Connecting the Physical Twin with a Digital Shadow
In this example, we demonstrate how the PiCar-X can be connected to a digital shadow. For this purpose, we created a special Docker container that contains a ROS node, which does not send any commands to the physical twin. The communication between both is established via MQTT. The MQTT server is part of the digital shadow and you have to allow connections to port 1883 on the system where the MQTT server runs. This may requires adjustments to your firewall.
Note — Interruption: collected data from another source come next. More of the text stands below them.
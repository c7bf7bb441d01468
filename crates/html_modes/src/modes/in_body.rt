//! The "in body" insertion mode (HTML Standard, section 13.2.6.4.7).
ghost use Rattle.std.specs.Prelude.{◌≡◌, drop, slice_get, take};
ghost use Rattle.html_rules.specs.Modes.InBody.{in_body};
ghost use Rattle.html_modes.specs.Tables.{row_lent, rows_of};

use crate::table::Action::{
    AddAttributesToBody, AddAttributesToRoot, AdoptNobr, AdoptionAgency, AnyOtherEndTag,
    AppendComment, AppendText, CheckBodyEnd, ClearToMarker, CloseItem, CloseMisnestedA, CloseP,
    CloseToken, EnterForeign, ForgetFormElem, FramesetNotOk, FramesetNotOkUnlessWhite,
    IgnoreLineFeed, ImpliedEndTags, ImpliedEndTagsExcept, ImpliedEndTagsExceptToken, InsertElement,
    InsertFormatting, InsertMarker, InsertNew, InsertNewVoid, InsertVoid, InsertVoidAs, Nothing,
    ParseError, Pop, PopUntil, Reconstruct, RemoveBody, RemoveFormElem, SaveMode, SetFormElem,
    SwitchTo, When,
};
use crate::table::Class::{
    AnyEndTag, AnyStartTag, AnythingElse, Character, Comment, EndOfFile, EndTags, Null, StartTags,
};
use crate::table::Conclusion::{Acknowledged, Done, PlainText, RawText, Reprocess, Using};
use crate::table::Condition::{
    AListed, Both, ByStandard, ContextIs, CurrentIs, CurrentIsToken, FormElemInScope,
    FormElemIsCurrent, FramesetOk, HasFormElem, HasTemplateModes, InQuirksMode, InScope, Not,
    ScriptingEnabled, SecondIsBody, TemplateOpen, TokenInScope, TypeHidden,
};
use crate::table::{Foreign, Implied, Row, row, then};
use html_rules::{InsertionMode, TagSet};
use html_tokens::states::RawKind;

const STRUCTURE: &[Row] = &[
    row!(Null, [ParseError], Done),
    row!(
        Character,
        [Reconstruct, FramesetNotOkUnlessWhite, AppendText],
        Done
    ),
    row!(Comment, [AppendComment], Done),
    row!(StartTags(TagSet::Html), if TemplateOpen, [ParseError], Done),
    row!(
        StartTags(TagSet::Html),
        [ParseError, AddAttributesToRoot],
        Done
    ),
    row!(
        StartTags(TagSet::HeadContent),
        [Nothing],
        Using(InsertionMode::InHead)
    ),
    row!(
        EndTags(TagSet::Template),
        [Nothing],
        Using(InsertionMode::InHead)
    ),
    row!(StartTags(TagSet::Body), if Both(&SecondIsBody, &Not(&TemplateOpen)), [ParseError, FramesetNotOk, AddAttributesToBody], Done),
    row!(StartTags(TagSet::Body), [ParseError], Done),
    row!(StartTags(TagSet::Frameset), if Both(&FramesetOk, &SecondIsBody),
        [ParseError, RemoveBody, InsertElement, SwitchTo(InsertionMode::InFrameset)], Done),
    row!(StartTags(TagSet::Frameset), [ParseError], Done),
    row!(EndOfFile, if HasTemplateModes, [Nothing], Using(InsertionMode::InTemplate)),
    row!(EndOfFile, [CheckBodyEnd], Done),
    row!(EndTags(TagSet::Body), if InScope(TagSet::DefaultScope, TagSet::Body), [CheckBodyEnd, SwitchTo(InsertionMode::AfterBody)], Done),
    row!(EndTags(TagSet::Body), [ParseError], Done),
    row!(EndTags(TagSet::Html), if InScope(TagSet::DefaultScope, TagSet::Body), [CheckBodyEnd], Reprocess(InsertionMode::AfterBody)),
    row!(EndTags(TagSet::Html), [ParseError], Done),
];

const BLOCKS: &[Row] = &[
    row!(StartTags(TagSet::Block), [CloseP, InsertElement], Done),
    row!(
        StartTags(TagSet::HeadingTag),
        [
            CloseP,
            When(CurrentIs(TagSet::HeadingTag), &then!(ParseError, Pop)),
            InsertElement
        ],
        Done
    ),
    row!(
        StartTags(TagSet::PreListing),
        [CloseP, InsertElement, IgnoreLineFeed, FramesetNotOk],
        Done
    ),
    row!(StartTags(TagSet::Form), if Both(&HasFormElem, &Not(&TemplateOpen)), [ParseError], Done),
    row!(
        StartTags(TagSet::Form),
        [
            CloseP,
            InsertElement,
            When(Not(&TemplateOpen), &SetFormElem)
        ],
        Done
    ),
    row!(
        StartTags(TagSet::Li),
        [FramesetNotOk, CloseItem(TagSet::Li), CloseP, InsertElement],
        Done
    ),
    row!(
        StartTags(TagSet::DdDt),
        [
            FramesetNotOk,
            CloseItem(TagSet::DdDt),
            CloseP,
            InsertElement
        ],
        Done
    ),
    row!(
        StartTags(TagSet::Plaintext),
        [CloseP, InsertElement],
        PlainText
    ),
    row!(
        StartTags(TagSet::Button),
        [
            When(
                InScope(TagSet::DefaultScope, TagSet::Button),
                &then!(ParseError, ImpliedEndTags, PopUntil(TagSet::Button))
            ),
            Reconstruct,
            InsertElement,
            FramesetNotOk
        ],
        Done
    ),
    row!(EndTags(TagSet::BlockEnd), if TokenInScope(TagSet::DefaultScope), [ImpliedEndTags, CloseToken], Done),
    row!(EndTags(TagSet::BlockEnd), [ParseError], Done),
    // outside templates the form element pointer says which form ends
    row!(EndTags(TagSet::Form), if Both(&Not(&TemplateOpen), &FormElemInScope),
        [ImpliedEndTags, When(Not(&FormElemIsCurrent), &ParseError), RemoveFormElem, ForgetFormElem], Done),
    row!(EndTags(TagSet::Form), if Not(&TemplateOpen), [ForgetFormElem, ParseError], Done),
    row!(EndTags(TagSet::Form), if InScope(TagSet::DefaultScope, TagSet::Form),
        [ImpliedEndTags, When(Not(&CurrentIs(TagSet::Form)), &ParseError), PopUntil(TagSet::Form)], Done),
    row!(EndTags(TagSet::Form), [ParseError], Done),
    row!(
        EndTags(TagSet::P),
        [
            When(
                Not(&InScope(TagSet::ButtonScope, TagSet::P)),
                &then!(ParseError, InsertNew(Implied::P))
            ),
            CloseP
        ],
        Done
    ),
    row!(EndTags(TagSet::Li), if InScope(TagSet::ListItemScope, TagSet::Li), [ImpliedEndTagsExceptToken, CloseToken], Done),
    row!(EndTags(TagSet::Li), [ParseError], Done),
    row!(EndTags(TagSet::DdDt), if TokenInScope(TagSet::DefaultScope), [ImpliedEndTagsExceptToken, CloseToken], Done),
    row!(EndTags(TagSet::DdDt), [ParseError], Done),
    row!(EndTags(TagSet::HeadingTag), if InScope(TagSet::DefaultScope, TagSet::HeadingTag),
        [ImpliedEndTags, When(Not(&CurrentIsToken), &ParseError), PopUntil(TagSet::HeadingTag)], Done),
    row!(EndTags(TagSet::HeadingTag), [ParseError], Done),
];

const FORMATTING: &[Row] = &[
    row!(
        StartTags(TagSet::A),
        [
            When(AListed, &CloseMisnestedA),
            Reconstruct,
            InsertFormatting
        ],
        Done
    ),
    row!(
        StartTags(TagSet::FormattingTag),
        [Reconstruct, InsertFormatting],
        Done
    ),
    row!(
        StartTags(TagSet::Nobr),
        [
            Reconstruct,
            When(
                InScope(TagSet::DefaultScope, TagSet::Nobr),
                &then!(ParseError, AdoptNobr, Reconstruct)
            ),
            InsertFormatting
        ],
        Done
    ),
    row!(EndTags(TagSet::FormattingEnd), [AdoptionAgency], Done),
    row!(
        StartTags(TagSet::AppletMarqueeObject),
        [Reconstruct, InsertElement, InsertMarker, FramesetNotOk],
        Done
    ),
    row!(EndTags(TagSet::AppletMarqueeObject), if TokenInScope(TagSet::DefaultScope), [ImpliedEndTags, CloseToken, ClearToMarker], Done),
    row!(EndTags(TagSet::AppletMarqueeObject), [ParseError], Done),
    row!(
        StartTags(TagSet::Table),
        [
            When(Not(&InQuirksMode), &CloseP),
            InsertElement,
            FramesetNotOk,
            SwitchTo(InsertionMode::InTable)
        ],
        Done
    ),
    // as the start tag `br`, without attributes
    row!(
        EndTags(TagSet::Br),
        [
            ParseError,
            Reconstruct,
            InsertNewVoid(Implied::Br),
            FramesetNotOk
        ],
        Done
    ),
    row!(
        StartTags(TagSet::VoidTag),
        [Reconstruct, InsertVoid, FramesetNotOk],
        Acknowledged
    ),
    row!(StartTags(TagSet::Input), if Both(&ByStandard, &ContextIs(TagSet::Select)), [ParseError], Done),
    row!(
        StartTags(TagSet::Input),
        [
            When(ContextIs(TagSet::Select), &ParseError),
            When(
                InScope(TagSet::DefaultScope, TagSet::Select),
                &then!(ParseError, PopUntil(TagSet::Select))
            ),
            Reconstruct,
            InsertVoid,
            When(Not(&TypeHidden), &FramesetNotOk)
        ],
        Acknowledged
    ),
    row!(
        StartTags(TagSet::ParamSourceTrack),
        [InsertVoid],
        Acknowledged
    ),
    row!(
        StartTags(TagSet::Hr),
        [
            CloseP,
            When(
                InScope(TagSet::DefaultScope, TagSet::Select),
                &then!(
                    ImpliedEndTags,
                    When(
                        InScope(TagSet::DefaultScope, TagSet::OptionOptgroup),
                        &ParseError
                    )
                )
            ),
            InsertVoid,
            FramesetNotOk
        ],
        Acknowledged
    ),
    // as the start tag `img`
    row!(
        StartTags(TagSet::Image),
        [
            ParseError,
            Reconstruct,
            InsertVoidAs(Implied::Img),
            FramesetNotOk
        ],
        Acknowledged
    ),
    row!(
        StartTags(TagSet::Textarea),
        [
            IgnoreLineFeed,
            FramesetNotOk,
            InsertElement,
            SaveMode,
            SwitchTo(InsertionMode::Text)
        ],
        RawText(RawKind::Rcdata)
    ),
    row!(
        StartTags(TagSet::Xmp),
        [
            CloseP,
            Reconstruct,
            FramesetNotOk,
            InsertElement,
            SaveMode,
            SwitchTo(InsertionMode::Text)
        ],
        RawText(RawKind::Rawtext)
    ),
    row!(
        StartTags(TagSet::Iframe),
        [
            FramesetNotOk,
            InsertElement,
            SaveMode,
            SwitchTo(InsertionMode::Text)
        ],
        RawText(RawKind::Rawtext)
    ),
    row!(
        StartTags(TagSet::Noembed),
        [InsertElement, SaveMode, SwitchTo(InsertionMode::Text)],
        RawText(RawKind::Rawtext)
    ),
    row!(StartTags(TagSet::Noscript), if ScriptingEnabled, [InsertElement, SaveMode, SwitchTo(InsertionMode::Text)],
        RawText(RawKind::Rawtext)),
];

const CONTENT: &[Row] = &[
    row!(StartTags(TagSet::Select), if ContextIs(TagSet::Select), [ParseError], Done),
    row!(StartTags(TagSet::Select), if InScope(TagSet::DefaultScope, TagSet::Select), [ParseError, PopUntil(TagSet::Select)], Done),
    row!(
        StartTags(TagSet::Select),
        [Reconstruct, InsertElement, FramesetNotOk],
        Done
    ),
    row!(StartTags(TagSet::Option), if InScope(TagSet::DefaultScope, TagSet::Select),
        [ImpliedEndTagsExcept(TagSet::Optgroup), When(InScope(TagSet::DefaultScope, TagSet::Option), &ParseError),
          Reconstruct, InsertElement], Done),
    row!(
        StartTags(TagSet::Option),
        [
            When(CurrentIs(TagSet::Option), &Pop),
            Reconstruct,
            InsertElement
        ],
        Done
    ),
    row!(StartTags(TagSet::Optgroup), if InScope(TagSet::DefaultScope, TagSet::Select),
        [ImpliedEndTags, When(InScope(TagSet::DefaultScope, TagSet::OptionOptgroup), &ParseError), Reconstruct, InsertElement], Done),
    row!(
        StartTags(TagSet::Optgroup),
        [
            When(CurrentIs(TagSet::Option), &Pop),
            Reconstruct,
            InsertElement
        ],
        Done
    ),
    row!(StartTags(TagSet::RbRtc), if InScope(TagSet::DefaultScope, TagSet::Ruby),
        [ImpliedEndTags, When(Not(&CurrentIs(TagSet::Ruby)), &ParseError), InsertElement], Done),
    row!(
        StartTags(TagSet::RbRtc),
        [
            When(Not(&CurrentIs(TagSet::Ruby)), &ParseError),
            InsertElement
        ],
        Done
    ),
    row!(StartTags(TagSet::RpRt), if InScope(TagSet::DefaultScope, TagSet::Ruby),
        [ImpliedEndTagsExcept(TagSet::Rtc), When(Not(&CurrentIs(TagSet::RtcRuby)), &ParseError), InsertElement], Done),
    row!(
        StartTags(TagSet::RpRt),
        [
            When(Not(&CurrentIs(TagSet::RtcRuby)), &ParseError),
            InsertElement
        ],
        Done
    ),
    row!(
        StartTags(TagSet::Math),
        [Reconstruct, EnterForeign(Foreign::MathMl)],
        Acknowledged
    ),
    row!(
        StartTags(TagSet::Svg),
        [Reconstruct, EnterForeign(Foreign::Svg)],
        Acknowledged
    ),
    row!(StartTags(TagSet::TablePart), [ParseError], Done),
];

const REST: &[Row] = &[
    row!(AnyStartTag, [Reconstruct, InsertElement], Done),
    row!(AnyEndTag, [AnyOtherEndTag], Done),
    row!(AnythingElse, [Nothing], Done),
];

/// Text, comments, `html`, `head`, `body`, `frameset` and the end.
fn structure() -> &'static [Row]
    ensures { rows_of result.now ≡ take 17 in_body }
{
    STRUCTURE
}

/// Blocks, headings, lists, forms and buttons.
fn blocks() -> &'static [Row]
    ensures { rows_of result.now ≡ take 22 (drop 17 in_body) }
{
    BLOCKS
}

/// Formatting elements, objects, tables, void elements and raw text.
fn formatting() -> &'static [Row]
    ensures { rows_of result.now ≡ take 20 (drop 39 in_body) }
{
    FORMATTING
}

/// `select`, `ruby`, foreign content, and parts of tables.
fn content() -> &'static [Row]
    ensures { rows_of result.now ≡ take 14 (drop 59 in_body) }
{
    CONTENT
}

/// Any other tag, and what is left.
fn rest() -> &'static [Row]
    ensures { rows_of result.now ≡ drop 73 in_body }
{
    REST
}

/// The row at a place, counted over all parts, if there is one.
pub(crate) fn row_at(place: usize) -> Option<&'static Row>
    ensures { row_lent result ≡ slice_get in_body place }
{
    if place < 17 {
        structure().get(place)
    } else if place < 39 {
        blocks().get(place - 17)
    } else if place < 59 {
        formatting().get(place - 39)
    } else if place < 73 {
        content().get(place - 59)
    } else {
        rest().get(place - 73)
    }
}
Adjust the environemnt files
There are three environment files with relevant variables:
- picarx.env (on the Picar-X)
- picarx-ds.env
In this files you have to adjust the I2C devices (see Getting Started) and the MQTT server IP.
Start the Digital Shadow
We assume at this point that the digital shadow runs on a X64 Linux system (e.g. a server).
# Build and execute the Docker Containers
docker compose -f docker-compose-core.yml build
docker compose -f docker-compose-ds.yml build
docker compose -f docker-compose-ds.yml up
Start the Physical Twin
- arm32v7 (RPi3)
- arm64v8 (RPi4)
Execute Commands on the Physical Twin
The digital shadow can only receive data. To let the PiCar-X move and monitor the behavior in the GAZEBO simulation, you have to execute on the PiCar-X:
# Connect to the RaspberryPi
ssh <user>@<picarx-ip>
# SWITCH INTO THE CONTAINER
docker exec -it picar-x-ackermann_skill-pt-1 /bin/bash
# INSIDE CONTAINER
source /root/catkin_ws/devel/picarx_ackermann_drive/setup.bash
# PUBLISH A MESSAGE TO TURN RIGHT WITH 50 percent motor speed
rostopic pub /picarx/drive/command picarx_msgs/Drive "{speed: 50, angle: 20}"
The model in the simulation should turn right and drive in circles until you send a different command.